» Exercise brief
All lines from the entries below that contain the string "inputs" should be copied out.
▬▬▬
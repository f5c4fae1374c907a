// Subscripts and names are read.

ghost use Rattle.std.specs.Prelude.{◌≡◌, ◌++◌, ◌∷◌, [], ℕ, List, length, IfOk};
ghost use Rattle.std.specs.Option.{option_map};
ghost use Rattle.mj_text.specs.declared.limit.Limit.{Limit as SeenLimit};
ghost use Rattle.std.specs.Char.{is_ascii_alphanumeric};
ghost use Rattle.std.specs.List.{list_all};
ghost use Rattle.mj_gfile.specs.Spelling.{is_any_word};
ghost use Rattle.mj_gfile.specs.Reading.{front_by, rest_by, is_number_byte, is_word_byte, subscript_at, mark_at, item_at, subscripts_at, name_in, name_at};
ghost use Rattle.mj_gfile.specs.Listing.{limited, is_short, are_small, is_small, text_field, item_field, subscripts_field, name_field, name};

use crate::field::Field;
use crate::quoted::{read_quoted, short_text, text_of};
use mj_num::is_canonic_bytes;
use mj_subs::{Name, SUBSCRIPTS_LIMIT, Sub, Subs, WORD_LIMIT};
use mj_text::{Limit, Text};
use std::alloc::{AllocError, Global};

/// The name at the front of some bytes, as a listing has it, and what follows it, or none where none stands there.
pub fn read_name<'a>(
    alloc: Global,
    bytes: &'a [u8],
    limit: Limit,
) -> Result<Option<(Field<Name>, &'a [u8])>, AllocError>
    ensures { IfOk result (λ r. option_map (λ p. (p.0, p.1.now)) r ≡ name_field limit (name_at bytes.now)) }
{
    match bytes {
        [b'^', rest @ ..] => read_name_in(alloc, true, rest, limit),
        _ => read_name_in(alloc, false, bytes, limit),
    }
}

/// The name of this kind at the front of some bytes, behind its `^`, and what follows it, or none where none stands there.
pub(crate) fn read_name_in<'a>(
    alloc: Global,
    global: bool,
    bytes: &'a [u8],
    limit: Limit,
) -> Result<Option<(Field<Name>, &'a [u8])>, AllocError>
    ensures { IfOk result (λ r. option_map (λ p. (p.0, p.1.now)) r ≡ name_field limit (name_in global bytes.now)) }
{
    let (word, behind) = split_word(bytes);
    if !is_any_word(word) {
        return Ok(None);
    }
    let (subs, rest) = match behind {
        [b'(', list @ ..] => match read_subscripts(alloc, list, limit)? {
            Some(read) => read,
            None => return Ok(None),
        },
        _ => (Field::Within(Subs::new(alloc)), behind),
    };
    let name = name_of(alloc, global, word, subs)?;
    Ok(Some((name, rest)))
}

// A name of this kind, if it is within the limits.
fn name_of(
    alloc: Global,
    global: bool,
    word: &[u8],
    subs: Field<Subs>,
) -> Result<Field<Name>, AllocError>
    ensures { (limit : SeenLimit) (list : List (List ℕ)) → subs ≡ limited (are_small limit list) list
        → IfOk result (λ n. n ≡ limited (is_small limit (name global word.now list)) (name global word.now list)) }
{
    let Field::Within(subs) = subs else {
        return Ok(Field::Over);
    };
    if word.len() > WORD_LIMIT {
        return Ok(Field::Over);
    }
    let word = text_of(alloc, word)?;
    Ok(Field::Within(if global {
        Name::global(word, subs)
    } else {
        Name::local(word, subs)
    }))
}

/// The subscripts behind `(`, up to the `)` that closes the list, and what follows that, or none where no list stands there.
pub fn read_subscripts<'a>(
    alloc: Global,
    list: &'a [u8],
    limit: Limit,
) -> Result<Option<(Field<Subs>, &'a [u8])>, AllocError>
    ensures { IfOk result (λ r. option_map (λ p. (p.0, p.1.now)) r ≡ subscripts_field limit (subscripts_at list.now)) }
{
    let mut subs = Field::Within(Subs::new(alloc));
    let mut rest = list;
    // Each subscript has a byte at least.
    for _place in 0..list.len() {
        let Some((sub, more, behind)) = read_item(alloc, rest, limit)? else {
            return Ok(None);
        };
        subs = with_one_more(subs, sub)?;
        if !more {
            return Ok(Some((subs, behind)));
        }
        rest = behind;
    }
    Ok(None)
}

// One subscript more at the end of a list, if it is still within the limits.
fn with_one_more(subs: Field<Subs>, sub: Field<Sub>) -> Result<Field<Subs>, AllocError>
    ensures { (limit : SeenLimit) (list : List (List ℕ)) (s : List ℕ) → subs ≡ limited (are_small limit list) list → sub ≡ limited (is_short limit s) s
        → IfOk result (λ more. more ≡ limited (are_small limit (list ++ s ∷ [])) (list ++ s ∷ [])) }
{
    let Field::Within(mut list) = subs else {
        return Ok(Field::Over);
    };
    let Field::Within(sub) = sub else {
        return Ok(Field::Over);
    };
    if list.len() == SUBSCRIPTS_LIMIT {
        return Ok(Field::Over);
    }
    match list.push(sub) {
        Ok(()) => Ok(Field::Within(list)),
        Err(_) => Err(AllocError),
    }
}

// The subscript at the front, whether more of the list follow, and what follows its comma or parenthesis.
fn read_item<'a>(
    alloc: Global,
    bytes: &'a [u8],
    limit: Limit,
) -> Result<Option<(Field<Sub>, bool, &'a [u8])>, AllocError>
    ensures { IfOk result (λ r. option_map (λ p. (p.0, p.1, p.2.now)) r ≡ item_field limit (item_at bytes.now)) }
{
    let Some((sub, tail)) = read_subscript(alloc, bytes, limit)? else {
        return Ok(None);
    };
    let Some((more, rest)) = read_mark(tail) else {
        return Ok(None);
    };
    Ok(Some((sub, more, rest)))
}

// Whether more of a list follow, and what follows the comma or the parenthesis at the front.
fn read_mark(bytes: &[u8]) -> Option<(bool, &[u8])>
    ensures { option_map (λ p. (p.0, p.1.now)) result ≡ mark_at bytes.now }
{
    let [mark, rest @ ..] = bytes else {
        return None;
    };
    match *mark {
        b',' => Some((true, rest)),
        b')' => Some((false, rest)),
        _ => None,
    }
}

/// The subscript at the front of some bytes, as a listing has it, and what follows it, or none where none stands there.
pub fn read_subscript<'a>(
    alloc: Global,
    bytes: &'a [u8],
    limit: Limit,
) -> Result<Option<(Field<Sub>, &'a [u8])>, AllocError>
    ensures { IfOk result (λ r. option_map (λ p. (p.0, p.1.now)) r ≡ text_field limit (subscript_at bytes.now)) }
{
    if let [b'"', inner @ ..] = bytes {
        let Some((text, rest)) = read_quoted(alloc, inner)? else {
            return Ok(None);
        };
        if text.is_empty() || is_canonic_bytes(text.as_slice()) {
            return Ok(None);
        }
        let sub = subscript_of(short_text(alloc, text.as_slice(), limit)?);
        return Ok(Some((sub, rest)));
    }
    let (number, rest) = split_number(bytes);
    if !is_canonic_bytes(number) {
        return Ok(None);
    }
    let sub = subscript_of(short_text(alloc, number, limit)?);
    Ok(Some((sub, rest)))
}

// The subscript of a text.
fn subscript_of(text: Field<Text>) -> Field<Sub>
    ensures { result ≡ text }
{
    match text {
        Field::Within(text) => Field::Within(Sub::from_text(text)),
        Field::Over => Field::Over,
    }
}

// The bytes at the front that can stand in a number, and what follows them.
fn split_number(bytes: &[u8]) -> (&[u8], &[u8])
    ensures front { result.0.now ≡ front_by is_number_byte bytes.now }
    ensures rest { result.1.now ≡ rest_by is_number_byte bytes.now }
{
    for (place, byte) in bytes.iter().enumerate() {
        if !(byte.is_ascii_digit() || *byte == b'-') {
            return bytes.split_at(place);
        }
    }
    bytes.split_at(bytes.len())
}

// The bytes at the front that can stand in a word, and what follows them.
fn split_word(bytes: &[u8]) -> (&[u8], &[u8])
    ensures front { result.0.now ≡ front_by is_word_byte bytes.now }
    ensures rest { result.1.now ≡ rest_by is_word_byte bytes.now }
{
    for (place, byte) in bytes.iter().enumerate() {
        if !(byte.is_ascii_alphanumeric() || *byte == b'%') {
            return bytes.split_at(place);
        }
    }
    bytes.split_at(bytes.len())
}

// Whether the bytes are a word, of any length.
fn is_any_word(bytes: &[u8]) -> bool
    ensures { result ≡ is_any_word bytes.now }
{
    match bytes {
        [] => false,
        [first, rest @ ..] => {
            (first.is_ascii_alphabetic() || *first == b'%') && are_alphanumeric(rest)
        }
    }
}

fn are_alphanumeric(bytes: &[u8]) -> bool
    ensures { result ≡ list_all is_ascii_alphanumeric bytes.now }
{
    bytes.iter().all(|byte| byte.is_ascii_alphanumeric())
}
▬▬▬
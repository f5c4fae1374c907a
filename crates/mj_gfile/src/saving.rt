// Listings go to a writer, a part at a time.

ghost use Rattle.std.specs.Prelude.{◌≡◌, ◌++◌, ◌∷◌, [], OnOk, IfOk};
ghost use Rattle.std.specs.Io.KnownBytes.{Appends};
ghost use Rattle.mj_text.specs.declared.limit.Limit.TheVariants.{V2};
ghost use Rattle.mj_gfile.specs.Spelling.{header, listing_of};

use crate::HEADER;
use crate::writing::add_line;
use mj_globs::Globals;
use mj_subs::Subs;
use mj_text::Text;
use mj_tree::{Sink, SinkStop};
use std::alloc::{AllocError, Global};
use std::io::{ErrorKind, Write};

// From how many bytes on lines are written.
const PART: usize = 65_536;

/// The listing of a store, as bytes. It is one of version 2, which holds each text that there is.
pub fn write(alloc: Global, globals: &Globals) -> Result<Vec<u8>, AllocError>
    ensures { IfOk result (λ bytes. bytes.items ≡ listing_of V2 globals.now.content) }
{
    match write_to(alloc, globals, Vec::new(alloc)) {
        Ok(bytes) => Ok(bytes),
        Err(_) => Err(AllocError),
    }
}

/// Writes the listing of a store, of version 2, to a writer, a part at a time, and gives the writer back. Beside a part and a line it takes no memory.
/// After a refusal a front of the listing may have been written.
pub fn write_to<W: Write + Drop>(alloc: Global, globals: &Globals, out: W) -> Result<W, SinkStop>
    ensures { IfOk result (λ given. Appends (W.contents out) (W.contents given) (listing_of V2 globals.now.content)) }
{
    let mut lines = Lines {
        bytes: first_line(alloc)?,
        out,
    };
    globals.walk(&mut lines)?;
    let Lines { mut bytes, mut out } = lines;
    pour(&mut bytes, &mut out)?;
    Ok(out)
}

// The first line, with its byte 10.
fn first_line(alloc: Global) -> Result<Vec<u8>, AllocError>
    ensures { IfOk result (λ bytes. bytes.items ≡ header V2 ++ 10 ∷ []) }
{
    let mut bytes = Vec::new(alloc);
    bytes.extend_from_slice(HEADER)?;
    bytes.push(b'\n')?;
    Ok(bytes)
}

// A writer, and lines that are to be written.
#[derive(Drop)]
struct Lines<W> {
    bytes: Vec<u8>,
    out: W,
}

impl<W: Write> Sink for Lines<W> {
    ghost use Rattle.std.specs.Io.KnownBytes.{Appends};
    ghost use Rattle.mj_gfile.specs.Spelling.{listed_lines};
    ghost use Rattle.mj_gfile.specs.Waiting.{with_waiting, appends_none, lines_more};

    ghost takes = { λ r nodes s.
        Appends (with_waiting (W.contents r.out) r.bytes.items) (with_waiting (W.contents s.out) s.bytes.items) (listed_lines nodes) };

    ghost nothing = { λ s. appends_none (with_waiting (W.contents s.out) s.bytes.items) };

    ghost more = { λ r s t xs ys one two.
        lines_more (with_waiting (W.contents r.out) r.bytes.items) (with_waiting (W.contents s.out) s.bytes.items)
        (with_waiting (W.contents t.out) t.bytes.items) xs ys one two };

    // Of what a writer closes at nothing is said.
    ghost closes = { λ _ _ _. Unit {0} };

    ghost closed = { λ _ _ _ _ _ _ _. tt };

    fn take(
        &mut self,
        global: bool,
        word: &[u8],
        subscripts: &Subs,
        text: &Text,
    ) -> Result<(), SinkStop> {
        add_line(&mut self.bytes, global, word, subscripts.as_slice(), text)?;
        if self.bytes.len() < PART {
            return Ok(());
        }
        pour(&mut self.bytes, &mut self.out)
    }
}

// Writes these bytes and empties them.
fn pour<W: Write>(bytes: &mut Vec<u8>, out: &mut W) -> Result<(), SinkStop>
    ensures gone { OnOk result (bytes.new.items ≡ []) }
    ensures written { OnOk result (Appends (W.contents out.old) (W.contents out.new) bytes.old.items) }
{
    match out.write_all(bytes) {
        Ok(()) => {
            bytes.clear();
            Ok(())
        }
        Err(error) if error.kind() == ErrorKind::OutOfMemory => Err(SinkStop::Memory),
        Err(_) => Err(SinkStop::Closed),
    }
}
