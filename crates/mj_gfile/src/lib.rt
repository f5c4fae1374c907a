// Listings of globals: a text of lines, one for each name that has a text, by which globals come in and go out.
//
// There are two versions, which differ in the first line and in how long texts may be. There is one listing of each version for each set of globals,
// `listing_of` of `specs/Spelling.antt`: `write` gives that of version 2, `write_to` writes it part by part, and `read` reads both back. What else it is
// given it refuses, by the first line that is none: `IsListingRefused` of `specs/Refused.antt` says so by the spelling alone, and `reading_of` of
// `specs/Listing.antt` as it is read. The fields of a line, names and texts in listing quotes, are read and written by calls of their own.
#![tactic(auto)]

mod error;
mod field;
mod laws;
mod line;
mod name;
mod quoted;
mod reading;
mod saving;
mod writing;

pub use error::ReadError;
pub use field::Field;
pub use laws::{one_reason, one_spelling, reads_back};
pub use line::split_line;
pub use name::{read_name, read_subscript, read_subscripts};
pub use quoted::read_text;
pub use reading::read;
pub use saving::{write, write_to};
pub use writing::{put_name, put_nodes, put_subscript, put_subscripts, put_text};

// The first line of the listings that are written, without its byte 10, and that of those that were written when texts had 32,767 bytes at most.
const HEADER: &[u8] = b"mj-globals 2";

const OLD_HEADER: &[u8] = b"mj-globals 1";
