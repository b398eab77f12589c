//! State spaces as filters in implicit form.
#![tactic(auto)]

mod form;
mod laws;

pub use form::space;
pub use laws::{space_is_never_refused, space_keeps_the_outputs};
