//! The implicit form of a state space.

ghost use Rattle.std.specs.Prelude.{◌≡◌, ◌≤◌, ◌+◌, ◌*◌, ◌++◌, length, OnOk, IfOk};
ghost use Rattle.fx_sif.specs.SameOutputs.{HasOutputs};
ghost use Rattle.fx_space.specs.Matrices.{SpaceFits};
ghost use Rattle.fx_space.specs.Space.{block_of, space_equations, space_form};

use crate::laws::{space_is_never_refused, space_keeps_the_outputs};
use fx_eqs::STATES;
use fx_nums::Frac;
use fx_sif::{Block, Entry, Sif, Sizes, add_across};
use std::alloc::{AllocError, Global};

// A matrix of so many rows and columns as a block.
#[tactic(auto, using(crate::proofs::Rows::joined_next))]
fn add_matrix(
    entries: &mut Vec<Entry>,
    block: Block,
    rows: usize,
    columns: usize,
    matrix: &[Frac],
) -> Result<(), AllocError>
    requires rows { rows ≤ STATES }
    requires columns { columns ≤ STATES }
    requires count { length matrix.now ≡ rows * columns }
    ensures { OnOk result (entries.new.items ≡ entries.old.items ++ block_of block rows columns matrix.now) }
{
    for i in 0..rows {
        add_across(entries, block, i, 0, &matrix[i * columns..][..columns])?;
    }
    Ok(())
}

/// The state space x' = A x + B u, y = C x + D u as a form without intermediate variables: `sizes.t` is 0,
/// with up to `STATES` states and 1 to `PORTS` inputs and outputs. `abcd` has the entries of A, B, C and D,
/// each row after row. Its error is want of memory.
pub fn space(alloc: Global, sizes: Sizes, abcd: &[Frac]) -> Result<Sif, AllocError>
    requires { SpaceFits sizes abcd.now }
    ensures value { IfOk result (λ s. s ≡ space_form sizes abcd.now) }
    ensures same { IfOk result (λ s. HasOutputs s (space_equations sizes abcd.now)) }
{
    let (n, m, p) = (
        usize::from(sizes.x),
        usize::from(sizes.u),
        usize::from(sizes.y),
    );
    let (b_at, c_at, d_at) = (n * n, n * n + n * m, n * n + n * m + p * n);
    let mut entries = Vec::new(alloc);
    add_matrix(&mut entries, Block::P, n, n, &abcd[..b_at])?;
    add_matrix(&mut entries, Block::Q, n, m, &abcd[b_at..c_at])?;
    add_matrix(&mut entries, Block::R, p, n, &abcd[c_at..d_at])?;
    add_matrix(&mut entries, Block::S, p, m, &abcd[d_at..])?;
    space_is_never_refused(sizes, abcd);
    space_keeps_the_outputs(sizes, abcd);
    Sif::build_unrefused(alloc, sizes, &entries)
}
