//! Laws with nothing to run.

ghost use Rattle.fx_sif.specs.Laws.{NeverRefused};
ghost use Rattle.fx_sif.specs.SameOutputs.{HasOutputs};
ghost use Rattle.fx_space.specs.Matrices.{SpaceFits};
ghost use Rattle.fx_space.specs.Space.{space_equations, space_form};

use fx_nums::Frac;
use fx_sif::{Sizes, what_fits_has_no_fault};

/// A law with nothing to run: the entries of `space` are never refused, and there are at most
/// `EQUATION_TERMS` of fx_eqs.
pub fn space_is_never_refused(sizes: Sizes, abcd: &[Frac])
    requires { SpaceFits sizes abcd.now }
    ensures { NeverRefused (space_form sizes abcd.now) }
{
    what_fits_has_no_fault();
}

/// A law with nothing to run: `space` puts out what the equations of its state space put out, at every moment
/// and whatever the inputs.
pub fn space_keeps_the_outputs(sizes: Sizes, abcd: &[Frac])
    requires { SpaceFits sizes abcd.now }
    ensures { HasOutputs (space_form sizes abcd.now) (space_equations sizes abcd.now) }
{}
▬▬▬
» Reply
/// with up to `STATES` states and 1 to `PORTS` inputs and outputs. `abcd` has the entries of A, B, C and D,
/// and whatever the inputs.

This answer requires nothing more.